My last post was pretty negative. So here’s something a little happier:
Ten positive things:
1. Locally-made bagels that often arrive warm replaced frozen bagels.
2. Recycling program for cardboard, glass, aluminum, and plastic has reduced kitchen trash drastically.
3. Preferential ordering of local produce from an in-state farm. By the end of this school year about
o 70% of all apples, carrots, pickles at our school come from the farm.
o 100% of butternut squash and turnips come from the farm.
4. Commitment to using reusable plates, soup bowls, utensils when possible, which means less paper plates, foam bowls and plastic silverware in our trash bins.
5. First 100% made-from-scratch soup was served at lunch this year, butternut squash soup, and everyone can tell it doesn’t come from a can!
6. Quinoa, bulgur, and crimson lentils are some of the whole grains and legume introduced to the soup and salad bars.
7. Local peaches served to the school for the first time in the fall.
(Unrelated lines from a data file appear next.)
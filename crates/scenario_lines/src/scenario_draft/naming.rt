//! The words that declare or name a thing: what each says, given what the lines before it declared, or the fault at it.
ghost use Rattle.std.specs.Prelude.{◌≡◌};
ghost use Rattle.std.specs.List.{list_any};
ghost use Rattle.line_words.specs.Words.{placed_word};
ghost use Rattle.scenario_lines.specs.scenario_draft.Naming.{node_of, vrf_of, site_of, iface_of, node_named, edge_named, vrf_named, site_named};
ghost use Rattle.scenario_lines.specs.scenario_draft.Naming.{iface_named, new_name, node_at, edge_at, vrf_at, site_at, iface_at, is_of_iface, is_at};
ghost use Rattle.scenario_lines.specs.scenario_draft.Naming.{node_addr_at, has_number, vrf_number_at, has_rd, rd_at, joins, other_end_at};

use crate::scenario_draft::draft::Draft;
use line_words::{
    Reason, Row, TextFault, Word, fault_at, ipv4_at, is_name, is_unicast, or_fault, rd_of,
    same_family, vrf_number_of,
};
use mv_base::{Addr, IfaceId, Link, NodeId, Rd, SiteId, VrfId};
use scenario_defs::{Name, Node, Thing, Vrf};

fn node_of(thing: Thing) -> Option<NodeId>
    ensures { result ≡ node_of thing }
{
    match thing {
        Thing::Node(id) => Some(id),
        _ => None,
    }
}

fn vrf_of(thing: Thing) -> Option<VrfId>
    ensures { result ≡ vrf_of thing }
{
    match thing {
        Thing::Vrf(id) => Some(id),
        _ => None,
    }
}

fn site_of(thing: Thing) -> Option<SiteId>
    ensures { result ≡ site_of thing }
{
    match thing {
        Thing::Site(id) => Some(id),
        _ => None,
    }
}

fn iface_of(thing: Thing) -> Option<IfaceId>
    ensures { result ≡ iface_of thing }
{
    match thing {
        Thing::Iface(id) => Some(id),
        _ => None,
    }
}

#[tactic(auto, unfolding(crate::specs::scenario_draft::Naming::node_named))]
fn node_named(draft: &Draft, text: &[u8]) -> Option<NodeId>
    ensures { result ≡ node_named draft.now text.now }
{
    let id = node_of(draft.named(text)?)?;
    let _node = draft.scenario().nodes.as_slice().get(usize::from(id.0))?;
    Some(id)
}

#[tactic(auto, unfolding(crate::specs::scenario_draft::Naming::edge_named))]
fn edge_named(draft: &Draft, text: &[u8]) -> Option<NodeId>
    ensures { result ≡ edge_named draft.now text.now }
{
    let id = node_of(draft.named(text)?)?;
    let node = draft.scenario().nodes.as_slice().get(usize::from(id.0))?;
    if node.edge { Some(id) } else { None }
}

#[tactic(auto, unfolding(crate::specs::scenario_draft::Naming::vrf_named))]
fn vrf_named(draft: &Draft, text: &[u8]) -> Option<VrfId>
    ensures { result ≡ vrf_named draft.now text.now }
{
    let id = vrf_of(draft.named(text)?)?;
    let _vrf = draft.scenario().vrfs.as_slice().get(usize::from(id.0))?;
    Some(id)
}

#[tactic(auto, unfolding(crate::specs::scenario_draft::Naming::site_named))]
fn site_named(draft: &Draft, text: &[u8]) -> Option<SiteId>
    ensures { result ≡ site_named draft.now text.now }
{
    let id = site_of(draft.named(text)?)?;
    let _site = draft.scenario().sites.as_slice().get(usize::from(id.0))?;
    Some(id)
}

#[tactic(auto, unfolding(crate::specs::scenario_draft::Naming::iface_named))]
fn iface_named(draft: &Draft, text: &[u8]) -> Option<IfaceId>
    ensures { result ≡ iface_named draft.now text.now }
{
    let id = iface_of(draft.named(text)?)?;
    let _iface = draft.scenario().ifaces.as_slice().get(usize::from(id.0))?;
    Some(id)
}

/// A name that is not declared: `Name` where the word does not have the form of one, `Again` where a thing has it.
#[tactic(auto, unfolding(crate::specs::scenario_draft::Naming::new_name))]
pub fn new_name(draft: &Draft, row: Row, word: &Word) -> Result<Name, TextFault>
    ensures { result ≡ new_name draft.now row (placed_word word.now) }
{
    if !is_name(word.text) {
        return Err(fault_at(row.number, word.column, Reason::Name));
    }
    if draft.named(word.text).is_some() {
        return Err(fault_at(row.number, word.column, Reason::Again));
    }
    match Name::of(word.text) {
        Some(name) => Ok(name),
        None => unreachable!(),
    }
}

/// The node that a word names, or `Unknown`.
#[tactic(auto, unfolding(crate::specs::scenario_draft::Naming::node_at))]
pub fn node_at(draft: &Draft, row: Row, word: &Word) -> Result<NodeId, TextFault>
    ensures { result ≡ node_at draft.now row (placed_word word.now) }
{
    or_fault(node_named(draft, word.text), row, word, Reason::Unknown)
}

/// The edge that a word names, or `Unknown`.
#[tactic(auto, unfolding(crate::specs::scenario_draft::Naming::edge_at))]
pub fn edge_at(draft: &Draft, row: Row, word: &Word) -> Result<NodeId, TextFault>
    ensures { result ≡ edge_at draft.now row (placed_word word.now) }
{
    or_fault(edge_named(draft, word.text), row, word, Reason::Unknown)
}

/// The VRF that a word names, or `Unknown`.
#[tactic(auto, unfolding(crate::specs::scenario_draft::Naming::vrf_at))]
pub fn vrf_at(draft: &Draft, row: Row, word: &Word) -> Result<VrfId, TextFault>
    ensures { result ≡ vrf_at draft.now row (placed_word word.now) }
{
    or_fault(vrf_named(draft, word.text), row, word, Reason::Unknown)
}

/// The site that a word names, or `Unknown`.
#[tactic(auto, unfolding(crate::specs::scenario_draft::Naming::site_at))]
pub fn site_at(draft: &Draft, row: Row, word: &Word) -> Result<SiteId, TextFault>
    ensures { result ≡ site_at draft.now row (placed_word word.now) }
{
    or_fault(site_named(draft, word.text), row, word, Reason::Unknown)
}

/// The interface that a word names, or `Unknown`.
#[tactic(auto, unfolding(crate::specs::scenario_draft::Naming::iface_at))]
pub fn iface_at(draft: &Draft, row: Row, word: &Word) -> Result<IfaceId, TextFault>
    ensures { result ≡ iface_at draft.now row (placed_word word.now) }
{
    or_fault(iface_named(draft, word.text), row, word, Reason::Unknown)
}

/// Whether the group is of the family of the interface's address.
pub fn is_of_iface(draft: &Draft, iface: IfaceId, group: Addr) -> bool
    ensures { result ≡ is_of_iface draft.now iface group }
{
    match draft.scenario().ifaces.as_slice().get(usize::from(iface.0)) {
        Some(own) => same_family(own.addr, group),
        None => false,
    }
}

fn is_at_any(addr: Addr, nodes: &[Node]) -> bool
    ensures { result ≡ list_any (is_at addr) nodes.now }
{
    nodes.iter().any(|node| node.addr.same(addr))
}

/// The address of a new node, of IPv4: `Address` where the word writes none, or one that is not unicast; `Again` where a
/// node has it.
#[tactic(auto, unfolding(crate::specs::scenario_draft::Naming::node_addr_at))]
pub fn node_addr_at(draft: &Draft, row: Row, word: &Word) -> Result<Addr, TextFault>
    ensures { result ≡ node_addr_at draft.now row (placed_word word.now) }
{
    let addr = ipv4_at(row, word)?;
    if !is_unicast(addr) {
        return Err(fault_at(row.number, word.column, Reason::Address));
    }
    if is_at_any(addr, draft.scenario().nodes.as_slice()) {
        return Err(fault_at(row.number, word.column, Reason::Again));
    }
    Ok(addr)
}

fn has_number(edge: NodeId, number: u16, vrf: &Vrf) -> bool
    ensures { result ≡ has_number edge number vrf.now }
{
    vrf.edge.0 == edge.0 && vrf.number == number
}

fn is_number_taken(edge: NodeId, number: u16, vrfs: &[Vrf]) -> bool
    ensures { result ≡ list_any (has_number edge number) vrfs.now }
{
    vrfs.iter().any(|vrf| has_number(edge, number, vrf))
}

/// The number of a new VRF at the edge: `Number` where the word writes none of 1 to 4,095, `Again` where a VRF of the edge
/// has it.
#[tactic(auto, unfolding(crate::specs::scenario_draft::Naming::vrf_number_at))]
pub fn vrf_number_at(draft: &Draft, row: Row, edge: NodeId, word: &Word) -> Result<u16, TextFault>
    ensures { result ≡ vrf_number_at draft.now row edge (placed_word word.now) }
{
    let number = or_fault(vrf_number_of(word.text), row, word, Reason::Number)?;
    if is_number_taken(edge, number, draft.scenario().vrfs.as_slice()) {
        return Err(fault_at(row.number, word.column, Reason::Again));
    }
    Ok(number)
}

fn has_rd(edge: NodeId, rd: Rd, vrf: &Vrf) -> bool
    ensures { result ≡ has_rd edge rd vrf.now }
{
    vrf.edge.0 == edge.0 && vrf.rd.0 == rd.0
}

fn is_rd_taken(edge: NodeId, rd: Rd, vrfs: &[Vrf]) -> bool
    ensures { result ≡ list_any (has_rd edge rd) vrfs.now }
{
    vrfs.iter().any(|vrf| has_rd(edge, rd, vrf))
}

/// The route distinguisher of a new VRF at the edge: `Rd` where the word writes none, `Again` where a VRF of the edge has it.
#[tactic(auto, unfolding(crate::specs::scenario_draft::Naming::rd_at))]
pub fn rd_at(draft: &Draft, row: Row, edge: NodeId, word: &Word) -> Result<Rd, TextFault>
    ensures { result ≡ rd_at draft.now row edge (placed_word word.now) }
{
    let rd = or_fault(rd_of(word.text), row, word, Reason::Rd)?;
    if is_rd_taken(edge, rd, draft.scenario().vrfs.as_slice()) {
        return Err(fault_at(row.number, word.column, Reason::Again));
    }
    Ok(rd)
}

fn joins(a: NodeId, b: NodeId, link: &Link) -> bool
    ensures { result ≡ joins a b link.now }
{
    (link.a.0 == a.0 && link.b.0 == b.0) || (link.a.0 == b.0 && link.b.0 == a.0)
}

/// Whether a link joins both nodes, in either order.
pub fn are_joined(a: NodeId, b: NodeId, links: &[Link]) -> bool
    ensures { result ≡ list_any (joins a b) links.now }
{
    links.iter().any(|link| joins(a, b, link))
}

/// The other end of a new link: `Unknown` where the word names no node, `Again` where a link joins both.
#[tactic(auto, unfolding(crate::specs::scenario_draft::Naming::other_end_at))]
pub fn other_end_at(draft: &Draft, row: Row, a: NodeId, word: &Word) -> Result<NodeId, TextFault>
    ensures { result ≡ other_end_at draft.now row a (placed_word word.now) }
{
    let b = node_at(draft, row, word)?;
    if are_joined(a, b, draft.scenario().links.as_slice()) {
        return Err(fault_at(row.number, word.column, Reason::Again));
    }
    Ok(b)
}
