//! What one line says.
use crate::scenario_draft::setting::Setting;
use mv_base::{IfaceId, Link, NodeId, SiteId, VrfId};
use scenario_defs::{Event, Iface, Node, Site, Vrf};

/// What one line says. A thing that is declared has its number.
#[derive(Drop)]
pub enum Line {
    Blank,
    Setting { setting: Setting, value: u64 },
    Node { id: NodeId, node: Node },
    Link { link: Link },
    Vrf { id: VrfId, vrf: Vrf },
    Site { id: SiteId, site: Site },
    Iface { id: IfaceId, iface: Iface },
    Events,
    Event { event: Event },
}
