//! The settings of a scenario.
ghost use Rattle.std.specs.Prelude.{◌≡◌};
ghost use Rattle.scenario_lines.specs.scenario_draft.Settings.{highest, none_given, is_given, with_given};

/// What a line of a setting sets.
#[derive(Clone, Copy)]
pub enum Setting {
    Life,
    Delay,
    Labels,
    System,
}

impl Setting {
    /// The highest value. The lowest one is 1.
    pub fn highest(self) -> u64
        ensures { result ≡ highest self }
    {
        match self {
            Setting::Life | Setting::Delay => 1000,
            Setting::Labels => 65536,
            Setting::System => 65535,
        }
    }
}

/// Which settings were given.
#[derive(Clone, Copy)]
pub struct Given {
    life: bool,
    delay: bool,
    labels: bool,
    system: bool,
}

impl Given {
    pub fn none() -> Self
        ensures { result ≡ none_given }
    {
        Given {
            life: false,
            delay: false,
            labels: false,
            system: false,
        }
    }

    pub fn has(self, setting: Setting) -> bool
        ensures { result ≡ is_given self setting }
    {
        match setting {
            Setting::Life => self.life,
            Setting::Delay => self.delay,
            Setting::Labels => self.labels,
            Setting::System => self.system,
        }
    }

    /// The same with one more.
    pub fn with(self, setting: Setting) -> Self
        ensures { result ≡ with_given self setting }
    {
        match setting {
            Setting::Life => Given { life: true, ..self },
            Setting::Delay => Given {
                delay: true,
                ..self
            },
            Setting::Labels => Given {
                labels: true,
                ..self
            },
            Setting::System => Given {
                system: true,
                ..self
            },
        }
    }
}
8. 100% recycled paper napkins replaced all our napkins; began using a napkin dispenser that encourages people to take just one – less is more!
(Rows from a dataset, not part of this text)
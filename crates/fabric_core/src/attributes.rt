//! Attributes of the KVM device on the parts of a fabric.

ghost use Rattle.std.specs.Prelude.{◌≡◌, ◌*◌, ◌∷◌, ℕ, ℤ, List, All, length, false};
ghost use Rattle.xv_model.specs.declared.entries.Entry.{Entry};
ghost use Rattle.xv_model.specs.declared.operations.Op.TheVariants.{AttrSet};
ghost use Rattle.xv_model.specs.declared.outcomes.Outcome.TheVariants.{Code};
ghost use Rattle.xv_model.specs.account.Outcomes.{IsWellFormed};
ghost use Rattle.xv_model.specs.account.Start.{Start};
ghost use Rattle.xv_model.specs.board.Validity.{ram_size};
ghost use Rattle.xv_model.specs.call.Accepted.{is_success};
ghost use Rattle.xv_model.specs.device.Answers.{attribute_code, attribute_outcome};
ghost use Rattle.end_queue.specs.Ends.{HasCountsAtMost, HasRoom};
ghost use Rattle.router.specs.Tables.{StandsFor as TablesStandFor};
ghost use Rattle.fabric_core.specs.Processors.{StandsFor as ProcessorsStandFor};

use crate::processors::Processors;
use guest_ram::Ram;
use kvm_device::{get_attr, set_attr};
use router::tables::Tables;
use xv_model::operations::AttrValue;
use xv_model::outcomes::Outcome;

/// Sets an attribute, by its group, its number and the value. Refused, it changes nothing.
pub(crate) fn set_attribute(
    tables: &mut Tables,
    ram: &Ram,
    processors: &mut Processors,
    group: u32,
    attr: u64,
    value: AttrValue,
) -> Outcome
    requires memory { 4 * length ram.now ≡ ram_size tables.old.board }
    requires vps { length processors.old.vps.vps ≡ tables.old.board.limits.processors }
    ensures outcome { (z : Start) (h : List Entry) → TablesStandFor tables.old z h
        → ProcessorsStandFor processors.old z h → result ≡ Code (attribute_code z h group attr value) }
    ensures tables { (z : Start) (h : List Entry) (actor : ℕ) → TablesStandFor tables.old z h → TablesStandFor tables.new z
        (record { actor = actor; op = AttrSet group attr value; outcome = result } ∷ h) }
    ensures processors { (z : Start) (h : List Entry) (actor : ℕ) → ProcessorsStandFor processors.old z h
        → ProcessorsStandFor processors.new z
        (record { actor = actor; op = AttrSet group attr value; outcome = result } ∷ h) }
    ensures refused { (code : ℤ) → result ≡ Code code → is_success code ≡ false
        → (tables.new ≡ tables.old) × (processors.new ≡ processors.old) }
    ensures well_formed { IsWellFormed result }
    ensures board { tables.new.board ≡ tables.old.board }
    ensures counts { (n : ℕ) → All (HasCountsAtMost n) tables.old.ends → All (HasCountsAtMost n) tables.new.ends }
    ensures vps { length processors.new.vps.vps ≡ length processors.old.vps.vps }
    ensures rings { length processors.new.rings ≡ length processors.old.rings }
{
    let code = set_attr(
        &tables.board,
        &mut tables.eas,
        &mut tables.ends,
        &mut processors.vps,
        ram,
        group,
        attr,
        value,
    );
    Outcome::Code { code }
}

/// What getting an attribute answers, by its group and its number.
pub(crate) fn get_attribute(
    tables: &Tables,
    processors: &Processors,
    group: u32,
    attr: u64,
) -> Outcome
    requires vps { length processors.now.vps.vps ≡ tables.now.board.limits.processors }
    requires room { All HasRoom tables.now.ends }
    ensures outcome { (z : Start) (h : List Entry) → TablesStandFor tables.now z h
        → ProcessorsStandFor processors.now z h → result ≡ attribute_outcome z h group attr }
    ensures well_formed { IsWellFormed result }
{
    get_attr(&tables.ends, &processors.vps, group, attr)
}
9. Reusable squeeze bottles for ketchup and mustard replace the thousands of plastic packets that end up in the garbage.
10. Our budget is the same as before we made these changes (and in fact, if all goes well for the rest of this school year, the budget just might be LESS than that of last year.)
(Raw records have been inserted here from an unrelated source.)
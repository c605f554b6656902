//! A fabric of a board.

ghost use Rattle.std.specs.Prelude.{◌≡◌, ◌+◌, ◌*◌, ◌<◌, ◌≤◌, ◌∷◌, [], ℕ, All, length, List, IsTrue, IfOk, true};
ghost use Rattle.xv_base.specs.Limits.{ends_per_processor, most_messages};
ghost use Rattle.xv_model.specs.declared.entries.Entry.{Entry as AnEntry};
ghost use Rattle.xv_model.specs.board.Boards.{IsBoard};
ghost use Rattle.xv_model.specs.account.Kinds.{access_of};
ghost use Rattle.xv_model.specs.account.Legal.{legal};
ghost use Rattle.xv_model.specs.account.Outcomes.{IsWellFormed};
ghost use Rattle.xv_model.specs.account.Start.{Start, start};
ghost use Rattle.xv_model.specs.board.Validity.{valid};
ghost use Rattle.xv_model.specs.source.Notices.{routes as routes_of};
ghost use Rattle.xv_model.specs.source.Eas.{initialised as is_initialised};
ghost use Rattle.xv_model.specs.route.Flight.{flight as flight_after};
ghost use Rattle.xv_model.specs.route.Quiet.{messages_of};
ghost use Rattle.end_queue.specs.Ends.{HasRoom, HasCountsAtMost, end_in};
ghost use Rattle.fabric_core.specs.Fabric.{StandsFor, IsCounted, IsQueue, IsRefusal, queue_view};
ghost use Rattle.fabric_core.specs.Processors.{vp_of, ring_shown};

use crate::answering::answer;
use crate::processors::Processors;
use crate::views::QueueView;
use guest_ram::Ram;
use nvt_backlog::Vp;
use router::tables::Tables;
use std::alloc::Global;
use std::marker::Model;
use thread_context::Ring;
use xv_base::NoMemory;
use xv_model::board::Board;
use xv_model::entries::Entry;
use xv_model::known::Stands;
use xv_model::operations::Op;

/// The bytes of a MiB.
const MIB: u64 = 1 << 20;

/// The router's tables, the memory, and the processors with the rings of threads.
#[derive(Drop)]
pub struct Fabric {
    tables: Tables,
    ram: Ram,
    processors: Processors,
}

impl Model for Fabric {
    ghost use Rattle.std.specs.Prelude.{◌≡◌, ◌*◌, length};
    ghost use Rattle.xv_model.specs.board.Validity.{ram_size};
    ghost use Rattle.fabric_core.specs.Fabric.{Held};

    ghost Value = { Held };

    ghost view = { λ f. record {
      tables = f.tables;
      memory = f.ram;
      processors = f.processors;
    } };

    ghost invariant = { λ f. (4 * length f.ram ≡ ram_size f.tables.board)
        × (length f.processors.vps.vps ≡ f.tables.board.limits.processors)
        × (length f.processors.rings ≡ f.tables.board.limits.threads) };
}

impl Stands for Fabric {
    ghost use Rattle.fabric_core.specs.Fabric.{StandsFor};

    ghost stands = { StandsFor };
}

impl Fabric {
    /// A fabric of a board on which nothing has happened. May return `NoMemory`; no clause says when.
    /// No other call takes memory.
    pub fn build(alloc: Global, board: &Board) -> Result<Fabric, NoMemory>
        requires board { IsBoard board.now }
        ensures board { IfOk result (λ f. f.tables.board ≡ board.now) }
        ensures counts { IfOk result (λ f. All (HasCountsAtMost 0) f.tables.ends) }
        ensures stands { IfOk result (λ f. StandsFor f (start board.now) []) }
    {
        Ok(Fabric {
            tables: Tables::build(alloc, board)?,
            ram: Ram::new(alloc, board.ram_mib as u64 * MIB)?,
            processors: Processors::build(alloc, board)?,
        })
    }

    /// The board.
    pub fn board(&self) -> &Board
        ensures value { result.now ≡ self.now.tables.board }
        ensures board { IsBoard result.now }
    {
        self.tables.board()
    }

    /// How many notices of a source were routed.
    pub fn routes(&self, s: u32) -> u64
        requires { s < self.now.tables.board.limits.sources }
        ensures { (z : Start) (h : List AnEntry) → StandsFor self.now z h → result ≡ routes_of z h s }
    {
        self.tables.routes(s)
    }

    /// Whether a source has a valid EAS.
    pub fn initialised(&self, s: u32) -> bool
        requires { s < self.now.tables.board.limits.sources }
        ensures { (z : Start) (h : List AnEntry) → StandsFor self.now z h → result ≡ is_initialised z h s }
    {
        self.tables.initialised(s)
    }

    /// An END. Its counts show whether it has room, as `step` needs it of each.
    pub fn queue(&self, e: u32) -> QueueView
        requires { e < ends_per_processor * self.now.tables.board.limits.processors }
        ensures value { (z : Start) (h : List AnEntry) → StandsFor self.now z h → result ≡ queue_view z h e }
        ensures in_range { IsQueue self.now.tables.board result }
        ensures written { result.written ≡ (end_in self.now.tables.ends e).written }
        ensures taken { result.taken ≡ (end_in self.now.tables.ends e).taken }
        ensures ends { length self.now.tables.ends ≡ ends_per_processor * self.now.tables.board.limits.processors }
    {
        let ends = self.tables.ends();
        QueueView {
            config: *ends.config(e),
            written: ends.written(e),
            taken: ends.taken(e),
            esn: ends.esn(e),
            ese: ends.ese(e),
        }
    }

    /// What is kept of a processor beside the rings.
    pub fn processor(&self, v: u32) -> Vp
        requires { v < self.now.tables.board.limits.processors }
        ensures { (z : Start) (h : List AnEntry) → StandsFor self.now z h → result ≡ vp_of z h v }
    {
        self.processors.processor(v)
    }

    /// The OS ring of a thread.
    pub fn ring(&self, t: u32) -> Ring
        requires { t < self.now.tables.board.limits.threads }
        ensures { (z : Start) (h : List AnEntry) → StandsFor self.now z h → result ≡ ring_shown z h t }
    {
        self.processors.ring(t)
    }

    /// How many messages are in flight.
    pub fn flight(&self) -> u32
        ensures value { (z : Start) (h : List AnEntry) → StandsFor self.now z h → result ≡ length (flight_after z h) }
        ensures messages { result ≡ length self.now.tables.messages }
        ensures few { result ≤ most_messages }
    {
        self.tables.flight()
    }

    /// How many of them come from a source.
    pub fn flight_of(&self, s: u32) -> u32
        ensures { (z : Start) (h : List AnEntry) → StandsFor self.now z h → result ≡ messages_of (flight_after z h) s }
    {
        self.tables.flight_of(s)
    }

    /// Makes one entry: what an operation by an actor answers that is on no word of a source. The board has the
    /// operation. `forwards` is how often the source has forwarded whose notice is routed, or that is asked whether
    /// it is quiet; no other operation looks at it. No END has come to the limit of its counts: since it was
    /// configured, fewer than 2^63 entries were written into its queue, and fewer than that taken from it
    /// (end_queue's `HasRoom`; `queue` shows both counts). Refused, it changes nothing; nor does one that asks
    /// whether a source is quiet.
    pub fn step(&mut self, actor: u32, op: &Op, forwards: u64) -> Entry
        requires op { IsTrue (valid self.old.tables.board op.now) }
        requires fabric { access_of self.old.tables.board op.now ≡ None }
        requires room { All HasRoom self.old.tables.ends }
        ensures actor { result.actor ≡ actor }
        ensures op { result.op ≡ op.now }
        ensures outcome { (z : Start) (h : List AnEntry) → StandsFor self.old z h → IsCounted op.now forwards z h
            → result.outcome ≡ legal z h op.now }
        ensures stands { (z : Start) (h : List AnEntry) → StandsFor self.old z h → IsCounted op.now forwards z h
            → StandsFor self.new z (result ∷ h) }
        ensures refused { IsRefusal op.now result.outcome → self.new ≡ self.old }
        ensures well_formed { IsWellFormed result.outcome }
        ensures board { self.new.tables.board ≡ self.old.tables.board }
        ensures counts { (n : ℕ) → All (HasCountsAtMost n) self.old.tables.ends
            → All (HasCountsAtMost (n + 1)) self.new.tables.ends }
    {
        let outcome = answer(
            &mut self.tables,
            &mut self.ram,
            &mut self.processors,
            op,
            forwards,
        );
        Entry {
            actor,
            op: *op,
            outcome,
        }
    }
}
***I don’t understand, I thought improving school lunch would be really hard and costly?? The changes I made were the EASIEST to implement and don’t involve costly changes such as expanding the kitchen or hiring a chef. For example, changing where we buy apples is fairly easy. It involved a substitution of suppliers from a large food company to a local farm. I made the change after researching that apples generally cost the same or less from a farm, after all, local apples don’t need to be trekked across the country on a gas-guzzling truck.